The result of this is that even relatively low concentrations of carbon monoxide can cause death by asphyxiation. The victim looks very bright red, the colour of Carboxyhaemoglobin.
Treatment of carbon monoxide poisoning involves administration of a mixture of pure oxygen and carbon dioxide – oxygen to combine with the haemoglobin and carbon dioxide to stimulate an increase in breathing rate.
High Altitude
We obtain our oxygen from the air around us. The further up we go e.g. if a person climbs a mountain, the lower the pressure is. This means the that the haemoglobin will become only 70% saturated in the lungs.
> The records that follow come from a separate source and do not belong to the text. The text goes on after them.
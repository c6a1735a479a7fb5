// The first plan and the whole enumeration over random small tables, compared with all placements laid out.
#![tactic(auto)]

ghost use Rattle.std.specs.Prelude.{◌≡◌, ◌<◌, length};
ghost use Rattle.jobs.specs.Jobs.{stops_of};
ghost use Rattle.leaders.specs.Leaders.{Rows};

use cells::cell::{Cell, Entry};
use cells::order::entry_at_or_before;
use cells::places::Places;
use jobs::job::Job;
use jobs::stops::Refused;
use leaders::advancing::advance;
use leaders::rows::find_head;
use measures::Measure;
use measures::optional::join_options;
use minima::board::BoardMut;
use minima::links::link_at;
use tables::access::{cell_at, stop_at};
use waiting::queue::Waiting;

// Three places and three stops: so 27 placements, and one plan more is wanted.
const PLACES: usize = 3;

const STOPS: usize = 3;

const PLACEMENTS: usize = 27;

const WANTED: usize = 28;

// The waiting entries begin behind 9 pairs and 9 stops at places; they are 84.
const BASE: usize = 18;

const CELLS: usize = 102;

// What is wrong with an enumeration.
#[derive(Debug, PartialEq, Eq, Clone, Copy)]
enum Wrong {
    // the job is not as the tests take it
    Setting,
    // a plan is given before another that comes before it, or it is none
    Turn,
    // too few plans are given, or too many
    Count,
}

// The tests take three stops that make a tree, which are not refused.
impl From<Refused> for Wrong {
    fn from(_refused: Refused) -> Wrong {
        Wrong::Setting
    }
}

// The next number of a small generator.
fn next(x: u64) -> u64 {
    let a = x ^ (x << 13);
    let b = a ^ (a >> 7);
    b ^ (b << 17)
}

// The value of a leg with a climb and a time below 3.
fn small_value<M: Measure>(x: u64) -> M::Value {
    // the check proves that both fit, so a try_from would have an error that never comes
    M::leg((x / 8 % 3) as u16, (x / 64 % 3) as u16)
}

// One of few values, or none: so there are many ties.
fn some_value<M: Measure>(x: u64) -> Option<M::Value> {
    (x % 5 != 0).then(|| small_value::<M>(x))
}

// Fills all cells with random values.
fn fill<M: Measure>(cells: &mut [Cell<M, M::Value>], seed: u64) {
    let mut x = seed;
    for cell in cells.iter_mut() {
        x = next(x);
        cell.leg = some_value::<M>(x);
        cell.ride = some_value::<M>(x / 512);
        cell.own = some_value::<M>(x / 262144);
    }
}

// The own value of stop s at place q, joined with the value of its link from place p of its parent.
fn hung_value<M: Measure>(
    cells: &[Cell<M, M::Value>; CELLS],
    job: &Job,
    s: usize,
    p: usize,
    q: usize,
) -> Option<M::Value>
    requires { (s < STOPS) × (p < PLACES) × (q < PLACES) }
{
    join_options::<M>(
        stop_at(cells, PLACES, STOPS, s, q).own,
        link_at(cells, PLACES, job, s, p, q),
    )
}

// The placement with this number, with its score joined from the tables. Cells and job stand apart here and
// below: a `Board` of them would say no more, and its readers ask that the job has three stops.
fn laid_out<M: Measure>(
    cells: &[Cell<M, M::Value>; CELLS],
    job: &Job,
    q: usize,
) -> Entry<M::Value> {
    let a = q / 9 % 3;
    let b = q / 3 % 3;
    let c = q % 3;
    let above = if job.parent(2) == 0 { a } else { b };
    let first = stop_at(cells, PLACES, STOPS, 0, a).own;
    let second = hung_value::<M>(cells, job, 1, a, b);
    let third = hung_value::<M>(cells, job, 2, above, c);
    let mut entry = Entry::without_plan(0);
    entry.score = join_options::<M>(first, join_options::<M>(second, third));
    // each place is below 3, which the check proves, so a try_from would have an error that never comes
    entry.places = Places::zero()
        .with(0, a as u8)
        .with(1, b as u8)
        .with(2, c as u8);
    entry
}

// How many placements are plans.
fn plans<M: Measure>(cells: &[Cell<M, M::Value>; CELLS], job: &Job) -> usize {
    (0..PLACEMENTS)
        .filter(|q| laid_out::<M>(cells, job, *q).score.is_some())
        .count()
}

// Whether two plans have the same place in the order.
fn level<M: Measure>(a: &Entry<M::Value>, b: &Entry<M::Value>) -> bool {
    entry_at_or_before::<M>(a, b) && entry_at_or_before::<M>(b, a)
}

// How many plans come before this one, none where it is none of them.
fn rank<M: Measure>(
    cells: &[Cell<M, M::Value>; CELLS],
    job: &Job,
    plan: &Entry<M::Value>,
) -> Option<usize> {
    plan.score?;
    if !(0..PLACEMENTS).any(|q| level::<M>(plan, &laid_out::<M>(cells, job, q))) {
        return None;
    }
    let before = (0..PLACEMENTS)
        .filter(|q| !entry_at_or_before::<M>(plan, &laid_out::<M>(cells, job, *q)))
        .count();
    Some(before)
}

// The plans of a job of three stops that wait, of which one more is wanted than there are placements.
fn waiting_plans(job: &Job) -> Waiting<'_>
    requires { length (stops_of job.now) ≡ STOPS }
    ensures { (result.n ≡ PLACES) × (result.job.now ≡ job.now) × (result.base ≡ BASE) × (result.k ≡ WANTED) }
{
    Waiting {
        n: PLACES,
        job,
        base: BASE,
        k: WANTED,
    }
}

// Gives the plans in turn: each has just as many plans before it as are given, and at the end all are given. The pick
// among all entries finds the plan that the pick among the heads finds.
fn enumerate<M: Measure>(cells: &mut [Cell<M, M::Value>; CELLS], job: &Job) -> Result<(), Wrong>
    requires { (length (stops_of job.now) ≡ STOPS) × Rows cells.old BASE PLACES (length (stops_of job.now)) WANTED 0 }
{
    let waiting = waiting_plans(job);
    let entries = waiting.entries();
    for given in 0..WANTED {
        let Some(w) = find_head::<M>(cells, &entries) else {
            let all = given == plans::<M>(cells, job);
            return if all { Ok(()) } else { Err(Wrong::Count) };
        };
        let plan = cell_at(cells, BASE + w).entry;
        if rank::<M>(cells, job, &plan) != Some(given) {
            return Err(Wrong::Turn);
        }
        let v = entries.find_next::<M>(cells).ok_or(Wrong::Turn)?;
        if cell_at(cells, BASE + v).entry.places != plan.places {
            return Err(Wrong::Turn);
        }
        advance::<M>(cells, &waiting, given, w);
    }
    Err(Wrong::Count)
}

// Fills the tables at random and enumerates the plans.
fn run<M: Measure>(
    cells: &mut [Cell<M, M::Value>; CELLS],
    job: &Job,
    seed: u64,
) -> Result<(), Wrong> {
    if job.len() != STOPS {
        return Err(Wrong::Setting);
    }
    fill::<M>(cells, seed);
    BoardMut::new(cells, PLACES, job).fill_minima();
    let waiting = waiting_plans(job);
    waiting.let_all_wait::<M>(cells);
    enumerate::<M>(cells, job)
}

// Whether random tables have six plans or more, so that a comparison over them says something. A table with fewer is not
// wrong, so this is a bool.
fn many_plans<M: Measure>(cells: &mut [Cell<M, M::Value>; CELLS], job: &Job, seed: u64) -> bool {
    fill::<M>(cells, seed);
    plans::<M>(cells, job) >= 6
}

#[cfg(test)]
mod tests {
    use super::*;
    use jobs::job::Draft;
    use jobs::stops::{Link, Stop, Tie};
    use measures::climb::Climb;
    use measures::longest::Longest;
    use measures::time::Time;
    use measures::values::{ClimbValue, LongestValue, TimeValue};

    // A stop of any kind that hangs on another.
    fn tied(parent: u8, link: Link) -> Stop {
        Stop {
            kind: 0,
            tie: Some(Tie { parent, link }),
        }
    }

    // Three stops: the second hangs on the root, the third on the root or on the second.
    fn tree(parent: u8, first: Link, second: Link) -> Result<Job, Wrong> {
        let mut draft = Draft::new();
        draft.push(Stop::default())?;
        draft.push(tied(0, first))?;
        draft.push(tied(parent, second))?;
        Ok(Job::try_from(draft)?)
    }

    // Forty tables for each of two trees.
    fn run_all<M: Measure>(cells: &mut [Cell<M, M::Value>; CELLS]) -> Result<(), Wrong> {
        let chain = tree(1, Link::Direct, Link::Ride)?;
        let fork = tree(0, Link::Ride, Link::Direct)?;
        for seed in 1..41 {
            run::<M>(cells, &chain, seed)?;
            run::<M>(cells, &fork, seed)?;
        }
        Ok(())
    }

    // In how many of forty tables there are many plans.
    fn plentiful<M: Measure>(cells: &mut [Cell<M, M::Value>; CELLS]) -> Result<usize, Wrong> {
        let chain = tree(1, Link::Direct, Link::Ride)?;
        let count = (1..41)
            .filter(|seed| many_plans::<M>(cells, &chain, *seed))
            .count();
        Ok(count)
    }

    #[test]
    fn tables_have_plans(rt: HostRuntime) {
        let mut cells = [Cell::<Time, TimeValue>::blank(); CELLS];
        assert!(rt; matches!(plentiful::<Time>(&mut cells), Ok(10..)));
    }

    // one test for each measure: a test takes no type parameter
    #[test]
    fn by_time(rt: HostRuntime) {
        let mut cells = [Cell::<Time, TimeValue>::blank(); CELLS];
        assert_eq!(rt; run_all::<Time>(&mut cells), Ok(()));
    }

    #[test]
    fn by_longest(rt: HostRuntime) {
        let mut cells = [Cell::<Longest, LongestValue>::blank(); CELLS];
        assert_eq!(rt; run_all::<Longest>(&mut cells), Ok(()));
    }

    #[test]
    fn by_climb(rt: HostRuntime) {
        let mut cells = [Cell::<Climb, ClimbValue>::blank(); CELLS];
        assert_eq!(rt; run_all::<Climb>(&mut cells), Ok(()));
    }
}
Less oxygen will be carried around the body and the person may begin to feel breathless and ill.
If a person climbs steadily from sea level to a high altitude over just a few days, the body does not have enough time to adjust to this drop in oxygen availability, and the person may suffer from altitude sickness.
High Altitude
The symptoms frequently begin with an increase in the rate and depth of breathing, and a general feeling of dizziness and weakness.
These symptoms can easily be reversed by going down to a lower altitude.
Some people can become very ill. The arterioles in their brain dilate, increasing the amount of blood flowing into the capillaries, so that fluid begins to leak from them into the brain tissues. This can cause disorientation and fluid leaks in the lungs.